In the same way, studies of the potential health benefits of the different plant parts of M. balsamina have indicated that it possesses activities like anti-microbial, anti-spasmodic, anti-inflammatory, analgesic, anti-HIV, anti-diabetic, anti-diarrheal, hepato-protective, anti-malarial, antioxidant, anti-cancer, and wound-healing properties . These activities could be as a result of the presence of cucurbitane-type triterpenoids from the leaves of M. balsamina including balsaminapentaol, balsaminol A and B, cucurbalsaminol A and B , and a novel ribosome-inactivating protein (RIP), balsamin from the seeds of the balsam apple . In our newly conducted work, we isolated a pentane type triterpenoid (betulinic acid) from the ethylacetate fraction of the leaves of M. balsamina which was found to contribute to its antidiabetic activity (unpublished). Combination of the plant leaves of L. hastata and M. balsamina could therefore provide a multi-therapeutic approach for the treatment of diabetes mellitus and its complications.
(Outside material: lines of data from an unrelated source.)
// Ordered maps from texts to texts.
use crate::error::OutOfMemory;
use crate::text::Text;
use std::alloc::Global;
use std::collections::BTreeMap;
use std::collections::btree_map::Iter;
use std::marker::Model;

/// A map from texts to texts, seen as the list of its pairs of a key and a value, in byte order of the keys. A place is a position
/// in that order, counted from 0.
#[derive(Drop)]
pub struct TextMap {
    entries: BTreeMap<String, Text>,
}

impl Model for TextMap {
    ghost use Rattle.std.specs.Prelude.{List, ℕ, map};
    ghost use Rattle.smithy_types.specs.views.MapViews.{pair_of};

    ghost Value = { List (List ℕ × List ℕ) };

    ghost view = { λ a. map pair_of a.entries.entries };
}

impl TextMap {
    ghost use Rattle.std.specs.Prelude.{◌≡◌, ◌==◌, [], length, slice_get, option_map, OnOk, OnErr};
    ghost use Rattle.std.specs.Map.{lookup};
    ghost use Rattle.std.specs.Option.{option_copied};
    ghost use Rattle.smithy_types.specs.Maps.{with_value, IsOrdered};
    ghost use Rattle.smithy_types.specs.Texts.{same_text};

    /// No pairs. Takes no memory.
    pub fn new(alloc: Global) -> TextMap
        ensures { result ≡ [] }
    {
        TextMap {
            entries: BTreeMap::new(alloc),
        }
    }

    /// Puts the value at the key, in place of the one that was there.
    pub fn insert(&mut self, key: Text, value: Text) -> Result<(), OutOfMemory>
        ensures ok { OnOk result (self.new ≡ with_value key value self.old) }
        ensures err { OnErr result (self.new ≡ self.old) }
    {
        self.entries.insert(key.into_string(), value)?;
        Ok(())
    }

    /// How many pairs there are. The keys ascend.
    pub fn len(&self) -> usize
        ensures value { result ≡ length self.now }
        ensures ordered { IsOrdered self.now }
    {
        self.entries.len()
    }

    /// Whether there are none.
    pub fn is_empty(&self) -> bool
        ensures { result ≡ (length self.now == 0) }
    {
        self.entries.is_empty()
    }

    /// The value at the key.
    pub fn get(&self, key: &str) -> Option<&Text>
        ensures { option_copied result ≡ lookup (same_text key.now) self.now }
    {
        self.entries.get(key)
    }

    /// The key at a place; none behind the last. It walks to the place: to go over all pairs, use `iter`.
    pub fn key_at(&self, place: usize) -> Option<&str>
        ensures { option_copied result ≡ option_map (λ p. p.0) (slice_get self.now place) }
    {
        let (key, _) = self.entries.iter().nth(place)?;
        Some(key.as_str())
    }

    /// The value at a place; none behind the last. It walks to the place: to go over all pairs, use `iter`.
    pub fn value_at(&self, place: usize) -> Option<&Text>
        ensures { option_copied result ≡ option_map (λ p. p.1) (slice_get self.now place) }
    {
        let (_, value) = self.entries.iter().nth(place)?;
        Some(value)
    }

    /// The pairs, in byte order of the keys. Takes no memory.
    pub fn iter(&self) -> TextPairs<'_>
        ensures value { result ≡ self.now }
        ensures ordered { IsOrdered self.now }
    {
        TextPairs {
            rest: self.entries.iter(),
        }
    }
}

/// The pairs of a map that are still to come, seen as the list of them.
#[derive(Drop)]
pub struct TextPairs<'m> {
    rest: Iter<'m, String, Text>,
}

impl<'m> Model for TextPairs<'m> {
    ghost use Rattle.std.specs.Prelude.{List, ℕ, map};
    ghost use Rattle.smithy_types.specs.views.MapViews.{pair_of};

    ghost Value = { List (List ℕ × List ℕ) };

    ghost view = { λ a. map pair_of a.rest };
}

impl<'m> Iterator for TextPairs<'m> {
    ghost use Rattle.std.specs.Iterator.{YieldsFirstBy, item_count};

    type Item = (&'m str, &'m Text);

    ghost next_gives = { YieldsFirstBy (λ p. (p.0.now, p.1.now)) (λ s. s) };

    ghost remaining = { item_count (λ s. s) };

    fn next(&mut self) -> Option<(&'m str, &'m Text)> {
        let (key, value) = self.rest.next()?;
        Some((key.as_str(), value))
    }
}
Our previous study had demonstrated the acute and sub-acute anti-hyperglycemic effect of the aqueous leaf extracts of L. hastata and M. balsamina at a dose of 400 and 200 mg/kg body weight respectively (doses obtained from anti-hyperglycemic screening of the 1/5th, 1/10th, and 1/20th of the LD50 dose; 2000 mg/kg) in STZ-induced diabetic . The dose combination was therefore selected and used in the present study to further evaluate its effect on serum lipid profile in STZ-induced diabetic rats.